_Required work_
Please report each line of the data below that contains "them".

*** Block opens ***

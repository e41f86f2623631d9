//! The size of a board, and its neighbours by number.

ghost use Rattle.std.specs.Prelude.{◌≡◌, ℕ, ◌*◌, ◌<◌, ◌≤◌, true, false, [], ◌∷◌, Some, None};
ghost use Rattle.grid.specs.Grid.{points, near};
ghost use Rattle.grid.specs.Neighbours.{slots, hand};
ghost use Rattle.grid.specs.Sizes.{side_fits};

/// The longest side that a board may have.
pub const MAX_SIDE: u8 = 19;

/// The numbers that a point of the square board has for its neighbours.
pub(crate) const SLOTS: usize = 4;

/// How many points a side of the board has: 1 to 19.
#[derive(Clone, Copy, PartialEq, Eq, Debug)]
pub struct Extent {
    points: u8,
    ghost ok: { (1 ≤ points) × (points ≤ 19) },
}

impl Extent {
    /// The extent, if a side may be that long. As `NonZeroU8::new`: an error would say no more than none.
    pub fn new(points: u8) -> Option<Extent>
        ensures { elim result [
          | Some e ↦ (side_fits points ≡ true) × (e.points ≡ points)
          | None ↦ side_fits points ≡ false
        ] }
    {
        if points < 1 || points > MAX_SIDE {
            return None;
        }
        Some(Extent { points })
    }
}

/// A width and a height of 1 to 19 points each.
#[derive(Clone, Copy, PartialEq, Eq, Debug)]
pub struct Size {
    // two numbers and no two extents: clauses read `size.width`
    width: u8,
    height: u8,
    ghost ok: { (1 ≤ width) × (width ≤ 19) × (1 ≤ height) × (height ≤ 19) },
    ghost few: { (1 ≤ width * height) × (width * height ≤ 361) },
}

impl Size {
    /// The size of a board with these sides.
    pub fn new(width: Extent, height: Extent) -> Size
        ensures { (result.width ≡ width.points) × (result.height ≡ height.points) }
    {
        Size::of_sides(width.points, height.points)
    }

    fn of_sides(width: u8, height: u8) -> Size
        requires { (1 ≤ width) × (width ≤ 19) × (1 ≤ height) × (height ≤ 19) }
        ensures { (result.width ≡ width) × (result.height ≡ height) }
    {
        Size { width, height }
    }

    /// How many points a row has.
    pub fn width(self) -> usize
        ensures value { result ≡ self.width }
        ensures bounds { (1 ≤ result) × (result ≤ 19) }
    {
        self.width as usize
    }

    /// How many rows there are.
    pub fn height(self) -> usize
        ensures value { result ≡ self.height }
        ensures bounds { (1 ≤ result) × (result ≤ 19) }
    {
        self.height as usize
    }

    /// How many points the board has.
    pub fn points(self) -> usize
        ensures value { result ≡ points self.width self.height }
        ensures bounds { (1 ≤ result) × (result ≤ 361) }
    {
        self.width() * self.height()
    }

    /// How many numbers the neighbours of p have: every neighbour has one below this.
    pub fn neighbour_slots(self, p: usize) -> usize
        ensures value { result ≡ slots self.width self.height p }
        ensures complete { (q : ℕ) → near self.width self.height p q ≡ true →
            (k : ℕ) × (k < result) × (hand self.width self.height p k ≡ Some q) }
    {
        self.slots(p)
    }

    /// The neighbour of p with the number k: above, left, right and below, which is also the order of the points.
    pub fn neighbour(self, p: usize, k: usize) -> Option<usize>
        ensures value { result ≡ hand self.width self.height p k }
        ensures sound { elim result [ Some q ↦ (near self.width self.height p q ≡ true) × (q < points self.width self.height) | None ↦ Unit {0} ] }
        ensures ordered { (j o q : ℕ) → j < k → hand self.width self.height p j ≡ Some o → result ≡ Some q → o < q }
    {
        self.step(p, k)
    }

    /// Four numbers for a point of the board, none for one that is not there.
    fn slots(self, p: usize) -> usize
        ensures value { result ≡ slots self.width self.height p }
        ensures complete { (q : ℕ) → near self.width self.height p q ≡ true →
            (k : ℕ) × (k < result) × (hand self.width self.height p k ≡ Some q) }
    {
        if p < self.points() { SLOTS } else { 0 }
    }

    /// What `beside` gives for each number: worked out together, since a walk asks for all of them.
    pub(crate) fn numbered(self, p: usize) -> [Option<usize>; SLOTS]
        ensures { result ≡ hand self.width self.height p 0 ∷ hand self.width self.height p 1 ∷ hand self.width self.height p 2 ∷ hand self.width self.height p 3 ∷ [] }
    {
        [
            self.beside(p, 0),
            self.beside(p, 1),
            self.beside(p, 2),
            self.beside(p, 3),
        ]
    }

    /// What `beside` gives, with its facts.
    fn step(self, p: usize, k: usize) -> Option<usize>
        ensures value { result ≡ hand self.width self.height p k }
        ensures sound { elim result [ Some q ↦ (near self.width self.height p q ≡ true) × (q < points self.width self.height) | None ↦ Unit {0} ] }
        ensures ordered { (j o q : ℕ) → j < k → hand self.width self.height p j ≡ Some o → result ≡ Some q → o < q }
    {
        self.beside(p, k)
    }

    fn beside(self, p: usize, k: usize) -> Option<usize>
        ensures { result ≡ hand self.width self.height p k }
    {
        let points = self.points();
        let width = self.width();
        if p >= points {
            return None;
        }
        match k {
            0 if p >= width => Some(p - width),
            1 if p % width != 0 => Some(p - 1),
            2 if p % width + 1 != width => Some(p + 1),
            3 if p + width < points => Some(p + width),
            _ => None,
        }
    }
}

*** Block closes ***
*** Block opens ***

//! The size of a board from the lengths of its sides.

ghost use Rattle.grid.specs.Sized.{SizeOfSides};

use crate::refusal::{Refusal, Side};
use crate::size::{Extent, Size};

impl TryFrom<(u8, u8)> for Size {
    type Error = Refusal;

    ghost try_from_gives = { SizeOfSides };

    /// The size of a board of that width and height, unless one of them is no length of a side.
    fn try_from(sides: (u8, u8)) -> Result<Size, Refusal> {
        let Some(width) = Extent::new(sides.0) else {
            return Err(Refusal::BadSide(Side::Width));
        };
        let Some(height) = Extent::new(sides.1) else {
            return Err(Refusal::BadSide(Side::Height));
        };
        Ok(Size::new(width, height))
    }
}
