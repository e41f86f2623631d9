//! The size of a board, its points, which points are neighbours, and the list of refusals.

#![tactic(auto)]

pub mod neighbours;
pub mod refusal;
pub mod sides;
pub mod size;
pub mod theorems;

*** Block closes ***

_Solution_
    /// What `beside` gives for each number: worked out together, since a walk asks for all of them.
    /// The size of a board of that width and height, unless one of them is no length of a side.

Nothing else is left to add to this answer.